The Good Journal #3 Upgrade all the things!

As a professional techy weirdo, I must say that running hundreds of servers inside a Kubernetes cluster can be quite the hassle when it comes to upgrades. And let’s not forget the diverse range of servers, from large enterprise-sized ones to diminutive two-dudes sharing their banjo playing, that each require individual attention.
To mitigate any potential issues, we tend to upgrade during the night in batches for our consumer-sized environments. This usually goes off without a hitch, but as with all things tech-related, sometimes you encounter unexpected problems. If a Kubernetes node goes down or any other infrastructure issues arise, the upgrade script will halt after completing the current task. However, while this approach works fine, I failed to consider degraded performance that could slow down the upgrades to a crawl resulting in some of our consumers being faced with a unavailable environment when their server is still under maintenance mode for an extended period due to slow but steady upgrades.

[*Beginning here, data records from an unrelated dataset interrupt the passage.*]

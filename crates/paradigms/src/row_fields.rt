ghost use Rattle.std.specs.Prelude.{◌≡◌, ◌<◌, ◌≤◌, ◌^◌, ℕ, List, length, map};
ghost use Rattle.std.specs.String.{string_bytes};
ghost use Rattle.lexicon_definitions.specs.declared.limits.TheConstants.{MOST_PHASES};
ghost use Rattle.morphology_definitions.specs.Inflection.{Class};
ghost use Rattle.paradigm_file_definitions.specs.TableFiles.{cut_of, take_cut, take_row};
ghost use Rattle.paradigms.specs.Rows.{text_row};
ghost use Rattle.paradigms.specs.Answers.{IsRead, table_why};

use crate::fields::{TableFields, read_cut};
use crate::record_error::RecordError;
use crate::words::read_word;
use crate::{Row, TableWhy};
use form_tags::read_tag;
use sandhi_rules::phase_named;
use std::alloc::Global;

/// The row that the fields of a record tell, all but the class, over these names of phases.
pub(crate) fn read_row(
    alloc: Global,
    phases: &[String],
    fields: &TableFields<'_>,
) -> Result<Row, RecordError<TableWhy>>
    requires few { length phases.now ≤ MOST_PHASES }
    requires prefix { length fields.now.prefix.now < 2 ^ 32 }
    requires ending { length fields.now.ending.now < 2 ^ 32 }
    ensures { (number : ℕ) (classes : List Class) (name : List ℕ)
        → IsRead table_why text_row (take_row number classes name)
        (take_cut (map string_bytes phases.now) number classes name fields.now.tag.now fields.now.phase.now (cut_of fields.now.cut.now) fields.now.prefix.now fields.now.ending.now) result }
{
    let Some(cut) = read_cut(fields.cut) else {
        return Err(RecordError::Why(TableWhy::Fields));
    };
    let Some(tag) = read_tag(fields.tag) else {
        return Err(RecordError::Why(TableWhy::Tag));
    };
    let Some(phase) = phase_named(phases, fields.phase) else {
        return Err(RecordError::Why(TableWhy::Phase));
    };
    let prefix = read_word(alloc, fields.prefix, TableWhy::Spelling)?;
    let ending = read_word(alloc, fields.ending, TableWhy::Spelling)?;
    Ok(Row {
        tag,
        phase: phase as u32,
        prefix,
        cut,
        ending,
    })
}
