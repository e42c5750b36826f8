use form_tags::Tag;
use phoneme::Word;

/// A row of a paradigm table: the tag of its forms and their phase, counted from 0; what is put before the stem; how many of
/// the stem's last letters are left out; and the ending, which is joined to the rest (own form).
#[derive(Drop, PartialEq, Eq, Hash)]
pub struct Row {
    pub tag: Tag,
    pub phase: u32,
    pub prefix: Word,
    pub cut: u32,
    pub ending: Word,
}
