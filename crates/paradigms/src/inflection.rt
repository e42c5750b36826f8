ghost use Rattle.std.specs.Prelude.{◌≡◌, ◌≤◌, length, map, All, IfOk};
ghost use Rattle.std.specs.List.{AllZip, flat_map};
ghost use Rattle.form_tags.specs.Entries.{text_entry};
ghost use Rattle.morphology_definitions.specs.Inflection.{AreAllInflected, AreInflected, IsInflectable, IsInflectableStem, IsInflected};
ghost use Rattle.paradigms.specs.Rows.{text_row, text_stem};
ghost use Rattle.paradigms.specs.Parts.{IsPartOf};

use crate::{Row, Stem, Stems, Tables};
use form_tags::{Analysis, Entry};
use internal_sandhi::join_parts;
use phoneme::Memory;
use rayon::prelude::*;
use std::alloc::Global;
use std::thread::Threads;

/// The entry of a row and a stem.
fn inflect_by(alloc: Global, row: &Row, stem: &Stem) -> Result<Entry, Memory>
    requires { row.now.cut ≤ length stem.now.letters }
    ensures { IfOk result (λ entry. IsInflected (text_row row.now) stem.now.letters (text_entry entry)) }
{
    let letters = stem.letters.as_slice();
    let base = &letters[..letters.len() - row.cut as usize];
    let form = join_parts(alloc, row.prefix.as_slice(), base, row.ending.as_slice())?;
    let analysis = Analysis {
        stem: stem.letters.copy(alloc)?,
        tag: row.tag,
    };
    Ok(Entry {
        phase: row.phase,
        form,
        analysis,
    })
}

/// The entries of a stem by these rows, one for each row, in their order. Refused only for want of memory.
pub fn inflect(alloc: Global, rows: &[Row], stem: &Stem) -> Result<Vec<Entry>, Memory>
    requires { All (IsInflectable stem.now.letters) (map text_row rows.now) }
    ensures ok { IfOk result (λ entries. AreInflected (map text_row rows.now) stem.now.letters (map text_entry entries.items)) }
{
    let mut entries = Vec::new(alloc);
    entries.reserve(rows.len())?;
    for row in rows {
        entries.push(inflect_by(alloc, row, stem)?)?;
    }
    Ok(entries)
}

/// How many stems a thread is given at least. A thread takes some 72 MiB of address space, mostly without use, and inflecting is
/// a small part of the work on a lexicon.
const LEAST_PIECE: usize = 5_000;

/// The entries of each stem by the rows of its class.
fn inflect_each(
    rt: &(impl Threads + Sync),
    alloc: Global,
    tables: &Tables,
    stems: &[Stem],
) -> Result<Vec<Vec<Entry>>, Memory>
    requires { All (IsInflectableStem tables.now) (map text_stem stems.now) }
    ensures { IfOk result (λ parts. AllZip (IsPartOf tables.now) stems.now parts.items) }
{
    stems
        .par_iter()
        .map(
            |stem: &Stem| -> Result<Vec<Entry>, Memory>
                requires { IsInflectableStem tables.now (text_stem stem.now) }
                ensures { IfOk result (λ part. IsPartOf tables.entry.now stem.now part) }
            { inflect(alloc, tables.rows(stem.class), stem) },
        )
        .with_min_len(LEAST_PIECE)
        .collect::<Result<Vec<Vec<Entry>>, Memory>>(rt, alloc)?
}

/// The lists one after another.
fn joined(alloc: Global, parts: Vec<Vec<Entry>>) -> Result<Vec<Entry>, Memory>
    ensures { IfOk result (λ entries. entries.items ≡ flat_map (λ part. part.items) parts.items) }
{
    let mut entries = Vec::new(alloc);
    for mut part in parts {
        entries.append(&mut part)?;
    }
    Ok(entries)
}

/// The entries of all stems by the rows of their classes: stem by stem, and those of a stem in the order of the rows, whatever
/// the number of threads. Refused only for want of memory.
pub fn inflect_all(
    rt: &(impl Threads + Sync),
    alloc: Global,
    tables: &Tables,
    stems: &Stems,
) -> Result<Vec<Entry>, Memory>
    requires { All (IsInflectableStem tables.now) stems.now }
    ensures ok { IfOk result (λ entries. AreAllInflected tables.now stems.now (map text_entry entries.items)) }
{
    let parts = inflect_each(rt, alloc, tables, stems.list())?;
    joined(alloc, parts)
}
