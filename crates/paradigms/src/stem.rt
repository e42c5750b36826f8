use phoneme::Word;

/// A stem, and the number of its class in its tables, counted from 0.
#[derive(Drop, PartialEq, Eq, Hash)]
pub struct Stem {
    pub letters: Word,
    pub class: u32,
}
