ghost use Rattle.std.specs.Prelude.{◌≡◌, ◌<◌, ◌≤◌, ◌-◌, ◌^◌, ◌||◌, nat_lt, min, [], length, map, All, IfOk, OnOk};
ghost use Rattle.std.specs.List.{list_any};
ghost use Rattle.csv.specs.Records.{fields_of};
ghost use Rattle.morphology_definitions.specs.Inflection.{form_length as form_length_of, rows_of};
ghost use Rattle.paradigm_file_definitions.specs.StemFiles.{count_inflections, is_too_long as is_too_long_of, is_too_short as is_too_short_of, take_classed as take_classed_of, take_stem as take_stem_of};
ghost use Rattle.paradigms.specs.Answers.{IsAnswer, stem_why};
ghost use Rattle.paradigms.specs.Rows.{text_row, text_stem};

use crate::fields::stem_fields;
use crate::record_error::RecordError;
use crate::stem_fields::read_stem;
use crate::{Row, Stem, StemWhy, Tables};
use csv::ByteRecord;
use indexmap::IndexSet;
use lexicon_definitions::MOST_FORM_LETTERS;
use paradigm_file_definitions::{MOST_INFLECTIONS, MOST_STEM_RECORDS};
use phoneme::Word;
use std::alloc::Global;
use std::marker::Model;

/// The stems of a stem file, in the order of its records.
#[derive(Drop)]
pub struct Stems {
    list: IndexSet<Stem>,
}

impl Model for Stems {
    ghost use Rattle.std.specs.Prelude.{List, map};
    ghost use Rattle.morphology_definitions.specs.Inflection.{Stem as StemValue};
    ghost use Rattle.paradigms.specs.Rows.{text_stem};

    ghost Value = { List StemValue };

    ghost view = { λ s. map text_stem s.list.keys };
}

/// How many letters the form of a row and a stem has, as far as this can be counted.
fn form_length(stem: &Word, row: &Row) -> usize
    ensures { result ≡ min (form_length_of (text_row row.now) stem.now) (2 ^ 64 - 1) }
{
    let base = stem.len().saturating_sub(row.cut as usize);
    base.saturating_add(row.prefix.len())
        .saturating_add(row.ending.len())
}

/// Whether the row cuts more letters than the stem has, or leaves a form without letters.
fn is_too_short(stem: &Word, row: &Row) -> bool
    ensures { result ≡ is_too_short_of stem.now (text_row row.now) }
{
    row.cut as usize > stem.len() || form_length(stem, row) == 0
}

/// Whether the row's form of the stem has too many letters.
fn is_too_long(stem: &Word, row: &Row) -> bool
    ensures { result ≡ is_too_long_of stem.now (text_row row.now) }
{
    form_length(stem, row) > MOST_FORM_LETTERS
}

/// Whether the stem is too short for one of the rows.
fn has_short(stem: &Word, rows: &[Row]) -> bool
    ensures { result ≡ list_any (λ row. is_too_short_of stem.now (text_row row)) rows.now }
{
    rows.iter().any(|row| is_too_short(stem, row))
}

/// Whether one of the rows has too long a form of the stem.
fn has_long(stem: &Word, rows: &[Row]) -> bool
    ensures { result ≡ list_any (λ row. is_too_long_of stem.now (text_row row)) rows.now }
{
    rows.iter().any(|row| is_too_long(stem, row))
}

/// Whether the stem or some form of it is too long, the record with this number is one too many, or there are too many forms.
fn passes_limits(stem: &Word, rows: &[Row], number: u32, forms: usize) -> bool
    ensures { result ≡ (nat_lt MOST_FORM_LETTERS (length stem.now) || list_any (λ row. is_too_long_of stem.now (text_row row)) rows.now || nat_lt MOST_STEM_RECORDS number || nat_lt MOST_INFLECTIONS forms) }
{
    stem.len() > MOST_FORM_LETTERS
        || has_long(stem, rows)
        || number as usize > MOST_STEM_RECORDS
        || forms > MOST_INFLECTIONS
}

impl Stems {
    pub(crate) fn new(alloc: Global) -> Stems
        ensures { result ≡ [] }
    {
        Stems {
            list: IndexSet::new(alloc),
        }
    }

    /// The stems, in the order of the file. Takes no memory.
    pub fn list(&self) -> &[Stem]
        ensures { map text_stem result.now ≡ self.now }
    {
        self.list.as_slice()
    }

    /// Takes a stem as the record with this number, after stems that have so many forms. Gives the number of forms with those
    /// of the stem.
    fn take_classed(
        &mut self,
        tables: &Tables,
        number: u32,
        forms: usize,
        stem: Stem,
    ) -> Result<usize, RecordError<StemWhy>>
        requires class { stem.class < length tables.now }
        requires forms { forms ≡ count_inflections tables.now self.old }
        requires few { forms ≤ MOST_INFLECTIONS }
        ensures answer { IsAnswer stem_why (take_classed_of tables.now number self.old (text_stem stem)) result self.new }
        ensures forms { IfOk result (λ forms. forms ≡ count_inflections tables.now self.new) }
        ensures few { IfOk result (λ forms. forms ≤ MOST_INFLECTIONS) }
        ensures within { OnOk result (number ≤ MOST_STEM_RECORDS) }
    {
        let rows = tables.rows(stem.class);
        if has_short(&stem.letters, rows) {
            return Err(RecordError::Why(StemWhy::Short));
        }
        let forms = forms + rows.len();
        if passes_limits(&stem.letters, rows, number, forms) {
            return Err(RecordError::Why(StemWhy::Limit));
        }
        if !self.list.insert(stem)? {
            return Err(RecordError::Why(StemWhy::Twice));
        }
        Ok(forms)
    }

    /// Takes the next record, whose number counts from 1, after stems that have so many forms. Gives the number of forms with
    /// those of its stem.
    pub(crate) fn take(
        &mut self,
        alloc: Global,
        tables: &Tables,
        number: u32,
        forms: usize,
        csv_record: &ByteRecord,
    ) -> Result<usize, RecordError<StemWhy>>
        requires forms { forms ≡ count_inflections tables.now self.old }
        requires few { forms ≤ MOST_INFLECTIONS }
        requires fits { All (λ field. length field < 2 ^ 32) (fields_of csv_record.now) }
        ensures answer { IsAnswer stem_why (take_stem_of tables.now number self.old (fields_of csv_record.now)) result self.new }
        ensures forms { IfOk result (λ forms. forms ≡ count_inflections tables.now self.new) }
        ensures few { IfOk result (λ forms. forms ≤ MOST_INFLECTIONS) }
        ensures within { OnOk result (number ≤ MOST_STEM_RECORDS) }
    {
        let Some((letters, name)) = stem_fields(csv_record) else {
            return Err(RecordError::Why(StemWhy::Fields));
        };
        let stem = read_stem(alloc, tables, letters, name)?;
        self.take_classed(tables, number, forms, stem)
    }
}
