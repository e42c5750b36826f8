ghost use Rattle.std.specs.Prelude.{◌≡◌, IfOk};
ghost use Rattle.sandhi_rules.specs.Triples.{triple_of};

use super::Rule;
use phoneme::{Memory, Word};
use std::alloc::Global;

/// What no two rules of a rule set share: `u`, `v` and `w` of a rule.
#[derive(Drop, PartialEq, Eq, Hash)]
pub struct Triple {
    pub u: Word,
    pub v: Word,
    pub w: Word,
}

impl Triple {
    /// The triple of the rule, in memory of its own.
    pub fn of(alloc: Global, rule: &Rule) -> Result<Triple, Memory>
        ensures { IfOk result (λ triple. triple ≡ triple_of rule.now) }
    {
        Ok(Triple {
            u: rule.u.copy(alloc)?,
            v: rule.v.copy(alloc)?,
            w: rule.w.copy(alloc)?,
        })
    }
}
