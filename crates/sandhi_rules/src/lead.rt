ghost use Rattle.std.specs.Prelude.{◌≡◌, ◌≤◌, ◌↔◌, length, Contains, IsTrue, OnOk};
ghost use Rattle.std.specs.List.Sorted.{IsStrictlySortedBy};
ghost use Rattle.lexicon_definitions.specs.Leads.{compare_leads, lead_of, with_lead, IsLeadPlace};
ghost use Rattle.lexicon_definitions.specs.Rules.{IsInner, HasPhase};

use super::Rule;
use super::rule::has_phase;
use lexicon_definitions::MOST_LEADS;
use phoneme::{Memory, Word};
use std::alloc::Global;
use std::cmp::Ordering;
use std::marker::Model;

/// What an inner rule says of the form after it (own): this begins with `v` and is of a phase in `after`. Bit `k` of
/// `after` stands for phase `k`, counted from 0.
#[derive(Drop)]
pub struct Lead {
    pub v: Word,
    pub after: u16,
}

impl Model for Lead {
    ghost use Rattle.lexicon_definitions.specs.Leads.{Lead as LeadValue};

    ghost Value = { LeadValue };

    ghost view = { λ l. record { v = l.v; after = l.after } };
}

impl Lead {
    /// How the lead compares with that of an inner rule: by `v`, then by the number of the set of phases.
    pub(crate) fn compare_with(&self, rule: &Rule) -> Ordering
        ensures { result ≡ compare_leads self.now (lead_of rule.now) }
    {
        self.v.compare(&rule.v).then(self.after.cmp(&rule.after))
    }

    /// Whether a form of this phase, counted from 0, may come after the rule.
    pub fn may_precede(&self, phase: u32) -> bool
        ensures { IsTrue result ↔ HasPhase self.now.after phase }
    {
        has_phase(self.after, phase)
    }
}

/// Puts the lead of the rule into rising leads, unless it is there. A final rule has no lead.
pub fn add_lead(alloc: Global, leads: &mut Vec<Lead>, rule: &Rule) -> Result<(), Memory>
    requires { IsStrictlySortedBy compare_leads leads.old.items }
    ensures ok { OnOk result (leads.new.items ≡ with_lead leads.old.items rule.now.v rule.now.after) }
{
    if rule.is_final() {
        return Ok(());
    }
    let found = leads.binary_search_by(|lead| lead.compare_with(rule));
    if let Err(at) = found {
        let lead = Lead {
            v: rule.v.copy(alloc)?,
            after: rule.after,
        };
        leads.insert(at, lead)?;
    }
    Ok(())
}

/// The place of the rule's lead among the leads, counted from 0; `None` for a final rule.
pub(crate) fn place_of_lead(leads: &[Lead], rule: &Rule) -> Option<u16>
    requires count { length leads.now ≤ MOST_LEADS }
    requires rising { IsStrictlySortedBy compare_leads leads.now }
    requires there { IsInner rule.now → Contains leads.now (lead_of rule.now) }
    ensures { IsLeadPlace leads.now rule.now result }
{
    if rule.is_final() {
        return None;
    }
    match leads.binary_search_by(|lead| lead.compare_with(rule)) {
        Ok(place) => Some(place as u16),
        Err(_place) => unreachable!(),
    }
}
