use super::{Row, Stem, Stems, Tables};
use phoneme::is_shared;

/// Tables, stems and their parts may be handed to another thread, and be read by several at once.
pub fn tables_are_shared() {
    is_shared::<Row>();
    is_shared::<Tables>();
    is_shared::<Stem>();
    is_shared::<Stems>();
}
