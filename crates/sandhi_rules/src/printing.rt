ghost use Rattle.std.specs.Prelude.{◌≡◌, IfOk, string_bytes};
ghost use Rattle.lexicon_definitions.specs.Rules.{printed_rule};

use super::Rule;
use latin_schemes::print_slp1;
use phoneme::Memory;
use std::alloc::Global;

/// A rule's notation `u|v>w`, its words in SLP1. Phases are not told. The notation is that of Huet 2005, without brackets.
pub fn print_rule(alloc: Global, rule: &Rule) -> Result<String, Memory>
    ensures ok { IfOk result (λ text. string_bytes text ≡ printed_rule rule.now) }
{
    let mut text = print_slp1(alloc, &rule.u)?;
    text.push_str("|")?;
    text.push_str(print_slp1(alloc, &rule.v)?.as_str())?;
    text.push_str(">")?;
    text.push_str(print_slp1(alloc, &rule.w)?.as_str())?;
    Ok(text)
}
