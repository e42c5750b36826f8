ghost use Rattle.std.specs.Prelude.{◌<◌, ◌^◌, length};
ghost use Rattle.text_definitions.specs.Slp1.{word_of_slp1};
ghost use Rattle.paradigms.specs.Answers.{IsSpelled};

use crate::record_error::RecordError;
use latin_schemes::{SpellError, read_slp1};
use phoneme::Word;
use std::alloc::Global;

/// The word that the bytes spell in SLP1. Refused for the given reason where they spell no word.
pub(crate) fn read_word<W: Copy>(alloc: Global, text: &[u8], why: W) -> Result<Word, RecordError<W>>
    requires { length text.now < 2 ^ 32 }
    ensures { IsSpelled (word_of_slp1 text.now) why result }
{
    match read_slp1(alloc, text) {
        Ok(word) => Ok(word),
        Err(SpellError::Fault(_)) => Err(RecordError::Why(why)),
        Err(SpellError::Memory) => Err(RecordError::Memory),
    }
}
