ghost use Rattle.std.specs.Prelude.{◌≡◌};
ghost use Rattle.paradigms.specs.declared.errors.TableError.TheVariants.{Memory as TableMemory};
ghost use Rattle.paradigms.specs.declared.errors.StemError.TheVariants.{Memory as StemMemory};

use phoneme::Memory;
use std::fmt;
use thiserror::Error;

/// Why a record of a table file is refused. The first reason in this order counts.
#[derive(Clone, Copy, Debug)]
pub enum TableWhy {
    Fields,
    Tag,
    Phase,
    Spelling,
    Limit,
    Twice,
}

impl TableWhy {
    /// The reason in words.
    fn text(self) -> &'static str {
        match self {
            TableWhy::Fields => "not the fields of a table's record",
            TableWhy::Tag => "not a tag",
            TableWhy::Phase => "not a phase",
            TableWhy::Spelling => "not SLP1",
            TableWhy::Limit => "over a limit",
            TableWhy::Twice => "twice",
        }
    }
}

impl fmt::Display for TableWhy {
    fn fmt<W: fmt::Write>(&self, f: &mut fmt::Formatter<W>) -> fmt::Result {
        f.write_str(self.text())
    }
}

impl std::error::Error for TableWhy {}

/// Why a record of a stem file is refused. The first reason in this order counts.
#[derive(Clone, Copy, Debug)]
pub enum StemWhy {
    Fields,
    Spelling,
    UnknownClass,
    Short,
    Limit,
    Twice,
}

impl StemWhy {
    /// The reason in words.
    fn text(self) -> &'static str {
        match self {
            StemWhy::Fields => "not the fields of a stem's record",
            StemWhy::Spelling => "not a stem in SLP1",
            StemWhy::UnknownClass => "not a class of the tables",
            StemWhy::Short => "too short for a row of its class",
            StemWhy::Limit => "over a limit",
            StemWhy::Twice => "twice",
        }
    }
}

impl fmt::Display for StemWhy {
    fn fmt<W: fmt::Write>(&self, f: &mut fmt::Formatter<W>) -> fmt::Result {
        f.write_str(self.text())
    }
}

impl std::error::Error for StemWhy {}

/// The first fault of a table file: its record, counted from 1, and why this is refused.
#[derive(Clone, Copy, Debug, Error)]
#[error("record {number}: {why}")]
pub struct TableFault {
    pub number: u32,
    pub why: TableWhy,
}

/// The first fault of a stem file: its record, counted from 1, and why this is refused.
#[derive(Clone, Copy, Debug, Error)]
#[error("record {number}: {why}")]
pub struct StemFault {
    pub number: u32,
    pub why: StemWhy,
}

/// Why a table file was not read.
#[derive(Clone, Copy, Debug, Error)]
pub enum TableError {
    #[error(transparent)]
    Fault(TableFault),
    #[error("out of memory")]
    Memory,
}

impl From<Memory> for TableError {
    ghost from_gives = { λ _ e. e ≡ TableMemory };

    fn from(_refused: Memory) -> TableError {
        TableError::Memory
    }
}

/// Why a stem file was not read.
#[derive(Clone, Copy, Debug, Error)]
pub enum StemError {
    #[error(transparent)]
    Fault(StemFault),
    #[error("out of memory")]
    Memory,
}

impl From<Memory> for StemError {
    ghost from_gives = { λ _ e. e ≡ StemMemory };

    fn from(_refused: Memory) -> StemError {
        StemError::Memory
    }
}
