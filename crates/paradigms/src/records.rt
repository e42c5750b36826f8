ghost use Rattle.std.specs.Prelude.{◌≡◌, ◌∷◌, ◌<◌, ◌≤◌, ◌^◌, length, true, All, IfOk};
ghost use Rattle.csv.specs.Records.{fields_of};
ghost use Rattle.paradigm_file_definitions.specs.Records.{records_of};
ghost use Rattle.paradigms.specs.RecordsLeft.{IsReading, IsNextOf, records_left};

use csv::{ByteRecord, Reader, ReaderBuilder};
use lexicon_text_definitions::MOST_FILE_BYTES;
use phoneme::Memory;
use std::alloc::Global;

/// A reader of the records of these bytes. No record is a header, and records may differ in their number of fields.
pub(crate) fn records_in(alloc: Global, bytes: &[u8]) -> Reader<&[u8]>
    requires { length bytes.now ≤ MOST_FILE_BYTES }
    ensures reading { IsReading result }
    ensures all { records_left result ≡ records_of bytes.now }
{
    ReaderBuilder::new()
        .has_headers(false)
        .flexible(true)
        .from_reader(alloc, bytes)
}

/// Reads the next record, and tells whether there was one. Bytes in memory that are read as flexible byte records have no
/// refusal of the reader's own, so each error of it is want of memory.
pub(crate) fn next_record(
    reader: &mut Reader<&[u8]>,
    csv_record: &mut ByteRecord,
) -> Result<bool, Memory>
    requires { IsReading reader.old }
    ensures reading { IfOk result (λ found. found ≡ true → IsReading reader.new) }
    ensures next { IfOk result (λ found. IsNextOf (records_left reader.old) found (fields_of csv_record.new) (records_left reader.new)) }
    ensures fits { IfOk result (λ found. found ≡ true → All (λ field. length field < 2 ^ 32) (fields_of csv_record.new)) }
    ensures falls { IfOk result (λ found. found ≡ true → length (records_left reader.new) < length (records_left reader.old)) }
{
    let Ok(found) = reader.read_byte_record(csv_record) else {
        return Err(Memory);
    };
    Ok(found)
}
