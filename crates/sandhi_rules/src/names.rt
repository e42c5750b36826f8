ghost use Rattle.std.specs.Prelude.{◌≡◌, ◌<◌, length, map, IfSome};
ghost use Rattle.std.specs.List.{list_all, position};
ghost use Rattle.std.specs.Str.{bytes_eq};
ghost use Rattle.std.specs.String.{string_bytes};
ghost use Rattle.lexicon_definitions.specs.GrammarTexts.{is_name_byte as is_name_byte_of};
ghost use Rattle.lexicon_definitions.specs.GrammarFaults.{is_small_letter as is_small_letter_of};
ghost use Rattle.lexicon_definitions.specs.PhaseNames.{is_phase_name as is_phase_name_of};

use lexicon_definitions::MOST_NAME_BYTES;

/// Whether the byte is a small letter, a digit or `_`.
fn is_name_byte(byte: u8) -> bool
    ensures { result ≡ is_name_byte_of byte }
{
    matches!(byte, b'a'..=b'z' | b'0'..=b'9' | b'_')
}

/// Whether each of the bytes may stand in a phase's name.
fn are_name_bytes(bytes: &[u8]) -> bool
    ensures { result ≡ list_all is_name_byte_of bytes.now }
{
    bytes.iter().all(|byte| is_name_byte(*byte))
}

/// Whether the byte is a small letter, with which the name of a phase begins.
pub fn is_small_letter(byte: u8) -> bool
    ensures { result ≡ is_small_letter_of byte }
{
    matches!(byte, b'a'..=b'z')
}

/// Whether a phase's name has 1 to 16 bytes, the first a small letter, the others small letters, digits or `_`.
pub fn is_phase_name(name: &[u8]) -> bool
    ensures { result ≡ is_phase_name_of name.now }
{
    let [first, others @ ..] = name else {
        return false;
    };
    if !is_small_letter(*first) {
        return false;
    }
    if name.len() > MOST_NAME_BYTES {
        return false;
    }
    are_name_bytes(others)
}

/// The number of the first phase that has this name, counted from 0.
pub fn phase_named(names: &[String], name: &[u8]) -> Option<usize>
    ensures named { result ≡ position (bytes_eq name.now) (map string_bytes names.now) }
    ensures within { IfSome result (λ phase. phase < length names.now) }
{
    for (phase, known) in names.iter().enumerate() {
        if name == known.as_bytes() {
            return Some(phase);
        }
    }
    None
}
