ghost use Rattle.std.specs.Prelude.{◌≡◌};
ghost use Rattle.paradigms.specs.declared.record_error.RecordError.TheVariants.{Memory as ErrorMemory};

use phoneme::Memory;
use std::alloc::{AllocError, AllocFailed};

/// Why a record was not taken: its first reason, or want of memory.
#[derive(Clone, Copy)]
pub(crate) enum RecordError<W> {
    Why(W),
    Memory,
}

impl<W> From<Memory> for RecordError<W> {
    ghost from_gives = { λ _ e. e ≡ ErrorMemory };

    fn from(_refused: Memory) -> RecordError<W> {
        RecordError::Memory
    }
}

impl<W> From<AllocError> for RecordError<W> {
    ghost from_gives = { λ _ e. e ≡ ErrorMemory };

    fn from(_refused: AllocError) -> RecordError<W> {
        RecordError::Memory
    }
}

impl<W, T: Drop> From<AllocFailed<T>> for RecordError<W> {
    ghost from_gives = { λ _ e. e ≡ ErrorMemory };

    fn from(_refused: AllocFailed<T>) -> RecordError<W> {
        RecordError::Memory
    }
}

To prevent such scenarios from occurring in the future, I implemented a time check function within the script. The script now checks the time before running each upgrade, and if it’s outside the designated hours for upgrades, it’ll hold off until the scheduled time arrives.
Our philosophy is to take things slow but steady when it comes to upgrades. We don’t jump on the latest version immediately; instead, we wait until our infrastructure is running smoothly, the developers have put out a bunch of nice fixes for the server release and we’re certain there aren’t any major bugs in the release we’re pushing into production. This is why we’re generally behind in terms of versions. Nextcloud releases new versions every few months, and while this is great, they’re not always immediately stable enough for production use. Hence, even for our consumers, we choose caution over haste.
We have received requests for a more rolling release schedule, which does sound like a lot of fun. However, implementing such a plan would require a considerable amount of work that we currently cannot handle from a support perspective. Even with a zero-support policy, we’ve learned through experience that we’re inherently too nice to ignore user requests for help. As a result, we spend too many hours providing support to our free users when we’ve publicly stated that we wouldn’t.
Our dedication to being good and helping out our users means we often spend too much time assisting them, even when their issues are specific to them. We’re slowly getting used to reminding them that we can’t offer extended support when it comes to general platform usage to our free tier users. As much as we’d like to, we don’t have the resources to do so.
In conclusion, while a wild, rolling, beta testing upgrade track sounds like an exciting prospect, it’s not something we can provide for the foreseeable future. Our focus remains on providing stable, reliable service to our customers.